Nothing wrong with that goal on its face, but the question is, at what cost?

------
tokenadult
I was just reading _On Food and Cooking: The Science and Lore of the Kitchen_
by Harold McGee, and that reminded me how recent the presence of Old World
honeybees ( _Apis mellifera_ ) is in the New World.

[http://animaldiversity.ummz.umich.edu/accounts/Apis_mellifer...](http://animaldiversity.ummz.umich.edu/accounts/Apis_mellifera/)

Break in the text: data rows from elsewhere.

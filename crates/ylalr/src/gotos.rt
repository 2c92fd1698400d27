//! The gotos of states: for each state a list by symbol.

ghost use Rattle.std.specs.Prelude.{◌≡◌, ◌<◌, ◌++◌, [], ◌∷◌, length, slice_index_or, OnOk};
ghost use Rattle.ylalr.specs.Gotos.{lookup, goto_of, IsAscendingRow};

use std::alloc::{AllocError, Global};
use std::marker::Model;
use ybitsets::list::Sequence;
use ysymbols::Sym;

/// A goto of a state.
#[derive(Clone, Copy, Drop)]
pub struct Goto {
    /// The symbol over which it goes.
    pub symbol: Sym,
    /// The state to which it leads.
    pub state: usize,
}

/// The gotos of all states so far.
#[derive(Drop)]
pub struct Gotos {
    rows: Vec<Sequence<Goto>>,
}

impl Model for Gotos {
    ghost use Rattle.std.specs.Prelude.{List};
    ghost use Rattle.ylalr.specs.declared.gotos.Goto.{Goto};

    ghost Value = { List (List Goto) };

    ghost view = { λ l. l.rows.items };
}

impl Gotos {
    /// The gotos of no states.
    pub fn new(alloc: Global) -> Gotos
        ensures { result ≡ [] }
    {
        Gotos {
            rows: Vec::new(alloc),
        }
    }

    /// How many states have their gotos here.
    pub fn count(&self) -> usize
        ensures { result ≡ length self.now }
    {
        self.rows.len()
    }

    /// The state to which state `q` goes over `x`, or `None` where it has no such goto.
    pub fn get(&self, q: usize, x: Sym) -> Option<usize>
        requires state { q < length self.now }
        requires order { IsAscendingRow (slice_index_or self.now q []) }
        ensures { result ≡ goto_of self.now q x }
    {
        seek(self.rows[q].as_slice(), x)
    }

    /// Adds the gotos of the next state, by rising symbols. It fails only when memory runs out.
    pub fn push(&mut self, row: Sequence<Goto>) -> Result<(), AllocError>
        ensures { OnOk result (self.new ≡ self.old ++ row ∷ []) }
    {
        self.rows.push(row)?;
        Ok(())
    }
}

/// The goto over `x` of a row by symbol.
fn seek(row: &[Goto], x: Sym) -> Option<usize>
    requires { IsAscendingRow row.now }
    ensures { result ≡ lookup row.now x }
{
    match row.binary_search_by_key(&x, |goto| goto.symbol) {
        Ok(at) => Some(row[at].state),
        Err(_) => None,
    }
}
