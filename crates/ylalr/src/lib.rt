//! The item sets of a grammar and their lookaheads: the merged canonical LR(1) items (Aho, Sethi,
//! Ullman, section 4.7).
//!
//! `build` goes one way. From the rules it finds which symbols vanish, what each begins with
//! (`first`), and which rules it leads to after a dot (`first_rules`). From these it makes the
//! states (`collection`), numbered as gotos find them. A state is its kernel, which a map numbers,
//! and the closure of that: a list of items by rule and dot. The items of a state, sorted by the
//! symbol after the dot (`buckets`), are the kernels of its gotos, and each state has a list of its
//! gotos by symbol (`gotos`).
//!
//! What one row passes on to another stands in rows of bits with links between them (`ybitsets`):
//! rows give along their links until none grows. A row that grew waits, at most once, until its
//! turn in a round; at first all wait, most in front of those to which they lead. So left sides
//! get the first tokens and the first rules of what their bodies can begin with (`fronts`).
//!
//! Lookaheads go the same way, one bit for each token. In each state, the items of one left side
//! with the dot at 0 share a row, since their lookaheads are the same; items of one left side with
//! equal symbols before the dot can share one too, and every other item has its own (`item_rows`,
//! `lefts`). What stands after the first symbol of a body is looked at once for its rule
//! (`behind`), since each state that has the rule with the dot at 0 needs it. One pass over the
//! items (`looks`) puts into the row of the left side after a dot what the form after it begins
//! with. It links an item's row to that of the item with its dot moved, in the state that the goto
//! leads to; and where the form after vanishes, to the row of the left side after its dot.
//!
//! A call whose result is named `_well_formed` is made only for its clause: the grammar is well
//! formed.
//!
//! Of the definitions in specs/, public clauses rest on `Collection`, `Gotos`, `Items` and `Sets`;
//! the others serve between modules.
#![tactic(auto)]

mod automaton;
mod behind;
mod buckets;
mod closure;
mod collection;
mod fault;
mod first;
mod first_rules;
mod fronts;
mod gotos;
mod item_rows;
mod items;
mod lefts;
mod looks;
mod states;
mod tokens;

pub use automaton::{Automaton, build};
pub use fault::BuildFault;
pub use items::Item;
pub use tokens::{END, ERROR, token_count};
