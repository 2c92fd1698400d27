//! Precedences as they could be, and how rules stand to tokens with them.

use crate::lines::Lines;
use crate::question::Question;
use crate::reads::{level_of, rule_of};
use yprovenance::{Rival, settle};
use ysymbols::{Associativity, Grammar, Precedence, Sym};
use ytables::{Action, Cell, Standing, standing_between};

/// The place of a line above all others, with room for one between.
pub const TOP: usize = 1;

/// The place of a line below all others, with room for one below it.
pub const BOTTOM: usize = usize::MAX / 2;

/// The place of the line of a level. Lines have four places each, so that there is room between.
pub fn place_of(level: usize) -> usize {
    level.saturating_mul(4)
}

/// A precedence with its place in place of its level.
fn placed(precedence: Option<Precedence>) -> Option<Precedence> {
    let Precedence { level, kind } = precedence?;
    Some(line(place_of(level), kind))
}

/// The precedence by a line at a place.
pub fn line(place: usize, kind: Associativity) -> Precedence {
    Precedence { level: place, kind }
}

/// Precedences of which some are other than those of the grammar.
#[derive(Clone, Copy)]
pub struct Supposed<'a> {
    /// The grammar.
    pub grammar: &'a Grammar,
    /// Where rules have their precedences from.
    pub lines: &'a Lines,
    /// A token with another precedence, and all rules that have theirs from it.
    pub token: Option<(Sym, Precedence)>,
    /// A second such token.
    pub other: Option<(Sym, Precedence)>,
    /// A rule with another precedence.
    pub rule: Option<(usize, Precedence)>,
    /// Marks of tokens that are all named on one line of `%left` after all others.
    pub tokens: &'a [bool],
    /// Marks of rules that have a name of their own on that line.
    pub rules: &'a [bool],
}

/// The precedence that is supposed of a token or a rule, where one is.
fn among(supposed: Option<(usize, Precedence)>, number: usize) -> Option<Precedence> {
    match supposed {
        Some((it, precedence)) if it == number => Some(precedence),
        _ => None,
    }
}

/// The precedence by the line after all others, where a number is marked.
fn marked(marks: &[bool], number: usize) -> Option<Precedence> {
    let is_marked = marks.get(number).copied().unwrap_or(false);
    is_marked.then_some(line(BOTTOM, Associativity::Left))
}

impl Supposed<'_> {
    /// What is supposed of a token, where something is.
    fn supposed(self, token: Sym) -> Option<Precedence> {
        among(self.token, token)
            .or(among(self.other, token))
            .or(marked(self.tokens, token))
    }

    /// A rule in a cell of a token.
    pub fn rival(self, rule: usize, token: Sym) -> Rival {
        let level = placed(level_of(self.grammar, token));
        let of_token = self.supposed(token).or(level);
        let own = among(self.rule, rule).or(marked(self.rules, rule));
        let given = match self.lines.giver(self.grammar, rule) {
            Some(giver) => self.supposed(giver),
            None => None,
        };
        let level = match rule_of(self.grammar, rule) {
            Some(it) => placed(it.precedence()),
            None => None,
        };
        let standing = standing_between(of_token, own.or(given).or(level));
        Rival { rule, standing }
    }
}

/// A cell as precedences are tried on it.
#[derive(Clone, Copy, Drop)]
pub struct Contest {
    /// The token.
    pub token: Sym,
    /// The shift, where it is a candidate.
    pub shift: Option<Action>,
    rules: [usize; 10],
    count: usize,
}

impl Contest {
    /// The cell that is asked for.
    pub fn of(asked: Question<'_>) -> Contest {
        let mut rules = [0usize; 10];
        for (place, candidate) in rules.iter_mut().zip(asked.candidates()) {
            *place = candidate.rule;
        }
        Contest {
            token: asked.token,
            shift: asked.shift(),
            rules,
            count: asked.candidates().count(),
        }
    }

    /// Its rules; `None` where there are too many to be tried.
    pub fn rules(&self) -> Option<&[usize]> {
        self.rules.get(..self.count)
    }

    /// Its rules; of too many the first ones.
    pub fn first_rules(&self) -> &[usize] {
        self.rules().unwrap_or(&self.rules)
    }

    /// What settles it with these precedences; `None` where it has too many rules to be tried.
    pub fn settled(&self, supposed: Supposed<'_>) -> Option<Cell> {
        let rules = self.rules()?;
        let nothing = Rival {
            rule: 0,
            standing: Standing::Neither,
        };
        let mut rivals = [nothing; 10];
        for (rival, rule) in rivals.iter_mut().zip(rules) {
            *rival = supposed.rival(*rule, self.token);
        }
        Some(settle(self.shift, rivals.get(..self.count)?))
    }
}
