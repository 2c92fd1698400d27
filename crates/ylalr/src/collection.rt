//! All states of a grammar, and their gotos.

ghost use Rattle.std.specs.Prelude.{◌≡◌, ◌<◌, ◌+◌, length, IfOk, IfErr, OnOk};
ghost use Rattle.ylalr.specs.Gotos.{IsAscendingRow, IsRowBelow};
ghost use Rattle.ylalr.specs.States.{AddsOne, AreStates, Extends, Finds, IsFresh, HasKernel};
ghost use Rattle.ylalr.specs.States.{IsNumber, IsSorted, MayJoin, RowIs, AreCollected};
ghost use Rattle.ylalr.specs.Collection.{IsFault};
ghost use Rattle.ylalr.specs.Sets.{AreFirstRules, HasRules};
ghost use Rattle.ylalr.specs.Finder.{FitFinder};

use crate::buckets::Kernels;
use crate::closure::closure;
use crate::fault::BuildFault;
use crate::first_rules::first_rules;
use crate::gotos::{Goto, Gotos};
use crate::items::Item;
use crate::states::{MOST_STATES, States};
use std::alloc::{AllocError, Global};
use ybitsets::list::Sequence;
use ybitsets::rows::Rows;
use ysymbols::Grammar;

/// The states so far, and what finds more.
#[derive(Drop)]
pub struct Finder {
    /// For each symbol, the rules that it leads to.
    pub first_rules: Rows,
    /// A row of rules to work in.
    pub wanted: Rows,
    /// The states, each with its kernel and its items.
    pub states: States,
}

/// Adds the state of a new kernel.
fn join(
    alloc: Global,
    grammar: &Grammar,
    finder: &mut Finder,
    kernel: &[Item],
) -> Result<usize, BuildFault>
    requires fit { FitFinder grammar.now.bare finder.old }
    requires kernel { MayJoin grammar.now.bare kernel.now }
    requires fresh { IsFresh finder.old.states kernel.now }
    ensures fit { OnOk result (FitFinder grammar.now.bare finder.new) }
    ensures extends { OnOk result (Extends finder.old.states finder.new.states) }
    ensures found { IfOk result (λ n. HasKernel finder.new.states kernel.now n) }
    ensures next { IfOk result (λ n. n ≡ length finder.old.states.closures) }
    ensures more { OnOk result
        (length finder.new.states.closures ≡ length finder.old.states.closures + 1) }
    ensures fault { IfErr result (λ e. IsFault grammar.now.bare e) }
{
    let items = closure(
        alloc,
        grammar,
        &finder.first_rules,
        &mut finder.wanted,
        kernel,
    )?;
    let n = finder.states.count();
    if n >= MOST_STATES {
        return Err(BuildFault::TooManySets);
    }
    finder.states.push(alloc, kernel, items)?;
    Ok(n)
}

/// The number of the state with this kernel, which is added where it is new, or `None` for an
/// empty kernel.
fn number(
    alloc: Global,
    grammar: &Grammar,
    finder: &mut Finder,
    kernel: &[Item],
) -> Result<Option<usize>, BuildFault>
    requires fit { FitFinder grammar.now.bare finder.old }
    requires kernel { 0 < length kernel.now → MayJoin grammar.now.bare kernel.now }
    ensures fit { OnOk result (FitFinder grammar.now.bare finder.new) }
    ensures extends { OnOk result (Extends finder.old.states finder.new.states) }
    ensures found { IfOk result (λ o. IsNumber finder.new.states kernel.now o) }
    ensures adds { IfOk result (λ o. AddsOne finder.old.states o finder.new.states) }
    ensures fault { IfErr result (λ e. IsFault grammar.now.bare e) }
{
    if kernel.is_empty() {
        return Ok(None);
    }
    match finder.states.find(kernel) {
        Some(n) => Ok(Some(n)),
        None => {
            let n = join(alloc, grammar, finder, kernel)?;
            Ok(Some(n))
        }
    }
}

/// The gotos of state `q`, with the states to which they lead. `kernels` is room to work in.
fn gotos_of(
    alloc: Global,
    grammar: &Grammar,
    kernels: &mut Kernels,
    finder: &mut Finder,
    q: usize,
) -> Result<Sequence<Goto>, BuildFault>
    requires fit { FitFinder grammar.now.bare finder.old }
    requires sorted { IsSorted grammar.now.bare.symbols kernels.old }
    requires state { q < length finder.old.states.closures }
    ensures fit { OnOk result (FitFinder grammar.now.bare finder.new) }
    ensures sorted { OnOk result (IsSorted grammar.now.bare.symbols kernels.new) }
    ensures extends { OnOk result (Extends finder.old.states finder.new.states) }
    ensures row { IfOk result (λ row. RowIs grammar.now.bare finder.new.states q row) }
    ensures order { IfOk result (λ row. IsAscendingRow row) }
    ensures symbols { IfOk result (λ row. IsRowBelow grammar.now.bare.symbols row) }
    ensures finds { IfOk result (λ row. Finds row (length finder.old.states.closures)
        (length finder.new.states.closures)) }
    ensures fault { IfErr result (λ e. IsFault grammar.now.bare e) }
{
    kernels.fill(grammar, finder.states.items(q))?;
    let mut row = Sequence::new(alloc);
    let symbols = grammar.symbols();
    let mut x = 0;
    while x < symbols {
        if let Some(n) = number(alloc, grammar, finder, kernels.list(x).as_slice())? {
            row.push(Goto {
                symbol: x,
                state: n,
            })?;
            x += 1;
        } else {
            x = kernels.after(x);
        }
    }
    Ok(row)
}

/// The first state alone: the core of the empty prefix.
fn first_state(
    alloc: Global,
    grammar: &Grammar,
    first_rules: &Rows,
    wanted: &mut Rows,
) -> Result<States, AllocError>
    requires first_rules { AreFirstRules grammar.now.bare first_rules.now }
    requires wanted { HasRules grammar.now.bare 1 wanted.old }
    ensures wanted { OnOk result (HasRules grammar.now.bare 1 wanted.new) }
    ensures states { IfOk result (λ s. AreStates grammar.now.bare s) }
    ensures one { IfOk result (λ s. length s.closures ≡ 1) }
{
    let _well_formed = grammar.symbols();
    let start = [Item { rule: 0, dot: 0 }];
    let items = closure(alloc, grammar, first_rules, wanted, &start)?;
    let mut states = States::new(alloc);
    states.push(alloc, &start, items)?;
    Ok(states)
}

/// What finds states, with the first state.
fn start_finder(alloc: Global, grammar: &Grammar) -> Result<Finder, AllocError>
    ensures fit { IfOk result (λ f. FitFinder grammar.now.bare f) }
    ensures one { IfOk result (λ f. length f.states.closures ≡ 1) }
{
    let _well_formed = grammar.symbols();
    let first_rules = first_rules(alloc, grammar)?;
    let mut wanted = Rows::new(alloc, 1, grammar.rules())?;
    let states = first_state(alloc, grammar, &first_rules, &mut wanted)?;
    Ok(Finder {
        first_rules,
        wanted,
        states,
    })
}

/// All states of the grammar, and the gotos of each. States are taken by number, and for each the
/// symbols by number; a kernel that is new gets the next number. The fault is B1 where there are
/// more than 16,384 states, or B2 when memory runs out.
pub fn all_states(alloc: Global, grammar: &Grammar) -> Result<(States, Gotos), BuildFault>
    ensures collected { IfOk result (λ r. AreCollected grammar.now.bare r.0 r.1) }
    ensures fault { IfErr result (λ e. IsFault grammar.now.bare e) }
{
    let mut finder = start_finder(alloc, grammar)?;
    let mut kernels = Kernels::new(alloc, grammar.symbols())?;
    let mut gotos = Gotos::new(alloc);
    while gotos.count() < finder.states.count() {
        let row = gotos_of(alloc, grammar, &mut kernels, &mut finder, gotos.count())?;
        gotos.push(row)?;
    }
    Ok((finder.states, gotos))
}
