//! Words for people: reads of grammars and tables by any number, where rules and symbols stand in
//! their file, what a cell could say, and why it says what it says.
#![tactic(auto)]

pub mod advice;
pub mod distinct;
mod hints;
pub mod lines;
pub mod mends;
mod question;
pub mod reads;
pub mod rivals;
pub mod sources;
pub mod supposed;
pub mod text;
pub mod why;
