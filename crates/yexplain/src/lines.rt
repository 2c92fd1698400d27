//! Where things stand in a grammar file: where each rule begins, and every place at which a symbol
//! is named.

use crate::reads::{Made, body_of, left_of, name_of};
use std::alloc::Global;
pub use yfiles::place::{Spot, Spots, newlines};
use ylexemes::part::Lexeme;
use ysymbols::{Grammar, Sym, let_go};
use ysyntax::{Mark, Role};

/// A symbol that a file names.
#[derive(Clone, Copy, Drop)]
pub struct Mention {
    /// The symbol.
    pub symbol: Sym,
    /// Where its name stands.
    pub spot: Spot,
    /// What the name is there for.
    pub role: Role,
}

/// A lexeme of the text of a grammar: where it stands, and what it is there for.
#[derive(Clone, Copy, Drop)]
pub struct Site {
    /// How many bytes stand before it.
    pub at: usize,
    /// Where the name of a left side ends, before its colon; of any other lexeme its own end.
    pub name_end: usize,
    /// How many bytes stand before what follows it.
    pub end: usize,
    /// What it is there for.
    pub role: Role,
}

impl Site {
    /// That of a lexeme with its role.
    fn of(mark: Mark<'_>) -> Site {
        let Mark { placed, role } = mark;
        let name_end = match placed.lexeme {
            Lexeme::CIdentifier(name) => placed.at.saturating_add(name.len()),
            _ => placed.end,
        };
        Site {
            at: placed.at,
            name_end,
            end: placed.end,
            role,
        }
    }
}

/// A rule: where it begins, and what its `%prec` names.
#[derive(Clone, Copy, Drop)]
struct Begun {
    spot: Spot,
    prec: Option<Sym>,
}

/// An action: the rule of the file that it stands in, and where it begins.
#[derive(Clone, Copy, Drop)]
struct Acted {
    rule: usize,
    spot: Spot,
}

/// Where the rules and symbols of a grammar stand in its file.
pub struct Lines {
    /// By number; none for rule 0.
    rules: Vec<Option<Begun>>,
    /// All places at which the file names a symbol, in its order.
    pub mentions: Vec<Mention>,
    /// The lexemes of the text that was read: of a file of bison, those of what it becomes.
    pub sites: Vec<Site>,
    /// Where the first mark stands.
    pub mark: Option<Spot>,
}

impl Drop for Lines {
    // A call in each owner, which keeps their proofs short.
    fn drop(self) {
        let_go!(self: Lines { rules, mentions, sites, mark });
    }
}

/// Where the lexemes of a file of these bytes stand.
pub fn spots_of(alloc: Global, source: &[u8], marks: &[Mark<'_>]) -> Made<Vec<Spot>> {
    let mut found = Vec::with_capacity(alloc, marks.len())?;
    let mut spots = Spots::new(source);
    for mark in marks {
        let (line, column) = spots.reach(mark.placed.at);
        let column = Some(column);
        found.push(Spot { line, column })?;
    }
    Ok(found)
}

/// What stands in a file, in its order.
#[derive(Drop)]
struct Places {
    rules: Vec<Begun>,
    actions: Vec<Acted>,
    mentions: Vec<Mention>,
}

/// The name that a lexeme is, where it is one.
pub fn name_in(lexeme: Lexeme<'_>) -> Option<&[u8]> {
    match lexeme {
        Lexeme::Name(name) | Lexeme::CIdentifier(name) => Some(name),
        _ => None,
    }
}

/// The symbol that a lexeme names.
pub fn symbol_of(grammar: &Grammar, lexeme: Lexeme<'_>) -> Option<Sym> {
    match lexeme {
        Lexeme::Name(name) | Lexeme::CIdentifier(name) => grammar.find(name),
        Lexeme::Literal(value) => grammar.find_literal(value),
        _ => None,
    }
}

impl Places {
    /// Takes a lexeme at a place in.
    fn take(&mut self, grammar: &Grammar, mark: Mark<'_>, spot: Spot) -> Made<()> {
        let Mark { placed, role } = mark;
        let names_symbol = matches!(
            role,
            Role::Start
                | Role::Declared
                | Role::Levelled
                | Role::Typed
                | Role::Left(_)
                | Role::Symbol(_)
                | Role::PrecName(_)
        );
        if let (true, Some(symbol)) = (names_symbol, symbol_of(grammar, placed.lexeme)) {
            if let (Role::PrecName(_), Some(rule)) = (role, self.rules.last_mut()) {
                rule.prec = Some(symbol);
            }
            self.mentions.push(Mention { symbol, spot, role })?;
        }
        match role {
            Role::Left(_) | Role::Bar(_) => self.rules.push(Begun { spot, prec: None })?,
            Role::Action(rule) => self.actions.push(Acted { rule, spot })?,
            _ => {}
        }
        Ok(())
    }

    /// The rules of the grammar by number. The rules of inner actions stand before the rule that
    /// they stand in, in the order of its actions.
    fn by_number(&self, alloc: Global, grammar: &Grammar) -> Made<Vec<Option<Begun>>> {
        let mut found = Vec::with_capacity(alloc, grammar.rules())?;
        let mut actions = self.actions.iter();
        let mut rule: usize = 0;
        found.push(None)?;
        for number in 1..grammar.rules() {
            if is_inner(grammar, number) {
                let spot = actions
                    .find(|action| action.rule == rule)
                    .map(|action| action.spot);
                found.push(spot.map(|spot| Begun { spot, prec: None }))?;
            } else {
                found.push(self.rules.get(rule).copied())?;
                rule = rule.saturating_add(1);
            }
        }
        Ok(found)
    }
}

/// Whether a rule is that of an inner action, whose left side no file can name.
pub fn is_inner(grammar: &Grammar, rule: usize) -> bool {
    left_of(grammar, rule).map_or(false, |left| name_of(grammar, left).starts_with(b"$$"))
}

/// The last token of a body.
pub fn last_token(grammar: &Grammar, body: &[Sym]) -> Option<Sym> {
    for symbol in body.iter().rev() {
        if grammar.is_token(*symbol) {
            return Some(*symbol);
        }
    }
    None
}

impl Lines {
    /// Where the rules and symbols of a grammar stand in the file that it was read from, by its
    /// source map and the places of the lexemes there. It fails only when memory runs out.
    pub fn new(
        alloc: Global,
        marks: &[Mark<'_>],
        spots: &[Spot],
        grammar: &Grammar,
    ) -> Made<Lines> {
        let mut places = Places {
            rules: Vec::new(alloc),
            actions: Vec::new(alloc),
            mentions: Vec::new(alloc),
        };
        for (mark, spot) in marks.iter().zip(spots) {
            places.take(grammar, *mark, *spot)?;
        }
        let rules = places.by_number(alloc, grammar)?;
        let Places { mentions, .. } = places;
        let mut sites = Vec::with_capacity(alloc, marks.len())?;
        for mark in marks {
            sites.push(Site::of(*mark))?;
        }
        let first = marks.iter().position(|mark| mark.role == Role::Mark);
        Ok(Lines {
            rules,
            mentions,
            sites,
            mark: first.and_then(|place| spots.get(place).copied()),
        })
    }

    /// Where a rule begins: at its name or its bar, or at its action where it is the rule of an
    /// inner one. `None` for rule 0 and for a number of no rule.
    pub fn spot(&self, number: usize) -> Option<Spot> {
        Some(self.rules.get(number).copied().flatten()?.spot)
    }

    /// The line on which a rule begins, likewise.
    pub fn rule(&self, number: usize) -> Option<usize> {
        Some(self.spot(number)?.line)
    }

    /// The symbol that the `%prec` of a rule names, where it has one.
    pub fn prec(&self, number: usize) -> Option<Sym> {
        self.rules.get(number).copied().flatten()?.prec
    }

    /// The token that gives a rule its precedence, or would: what its `%prec` names, or the last
    /// token of its body.
    pub fn giver(&self, grammar: &Grammar, number: usize) -> Option<Sym> {
        self.prec(number)
            .or(last_token(grammar, body_of(grammar, number)))
    }
}
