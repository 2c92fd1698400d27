//! Lists without repetitions, in which each entry has a number. `indexmap` has such lists too; a
//! library whose types hold one carries all statements of that crate, as does each above it.

use crate::reads::Made;
use std::alloc::Global;
use std::collections::HashMap;
use std::hash::Hash;

/// Entries in the order in which they came, each once, by numbers from 0 on.
pub struct Distinct<T: Eq + Hash> {
    all: Vec<T>,
    numbers: HashMap<T, usize>,
}

impl<T: Eq + Hash + Drop> Drop for Distinct<T> {
    // A call in each owner, which keeps their proofs short.
    fn drop(self) {
        let Distinct { all: _, numbers: _ } = self;
    }
}

impl<T: Eq + Hash + Copy + Drop> Distinct<T> {
    /// No entries.
    pub fn new(alloc: Global) -> Distinct<T> {
        Distinct {
            all: Vec::new(alloc),
            numbers: HashMap::new(alloc),
        }
    }

    /// All entries, in the order in which they came.
    pub fn all(&self) -> &[T] {
        self.all.as_slice()
    }

    /// How many entries there are.
    pub fn len(&self) -> usize {
        self.all.len()
    }

    /// The entry of a number; none where there is no such entry.
    pub fn at(&self, number: usize) -> Option<T> {
        self.all.get(number).copied()
    }

    /// The number of an entry; none where it isn't there.
    pub fn number(&self, entry: T) -> Option<usize> {
        self.numbers.get(&entry).copied()
    }

    /// Adds an entry, where it isn't there: its number, and whether it is new. Where memory runs
    /// out, it may be among all entries without a number.
    pub fn add(&mut self, entry: T) -> Made<(usize, bool)> {
        if let Some(number) = self.number(entry) {
            return Ok((number, false));
        }
        let number = self.all.len();
        self.all.push(entry)?;
        self.numbers.insert(entry, number)?;
        Ok((number, true))
    }
}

Those bees were brought here to the United States by European settlers, and
their progress across North America is part of the rather recent historical
record.

It seems prudent to me to check the trade-offs between using different
pesticides and continuing to use those apparently implicated in reduction of
bee numbers recently in the United States. A report I heard on National Public
Radio included comments by companies that distribute the more recent
pesticides that those can be reformulated to reduce risk to bees, which seems
like a sensible thing to do. What was happening to plants and especially food
crops before those pesticides (and, for that matter, before _Apis mellifera_
bees existed in North America) would be well worth considering carefully
before deciding what pattern of regulation to follow. Environmental trade-offs
happen all the time: they have been happening since long before _Homo sapiens_
came on the scene. Perhaps developing new methods of applying the pesticides
most in doubt may be enough to preserve healthy populations of honeybees in
the United States.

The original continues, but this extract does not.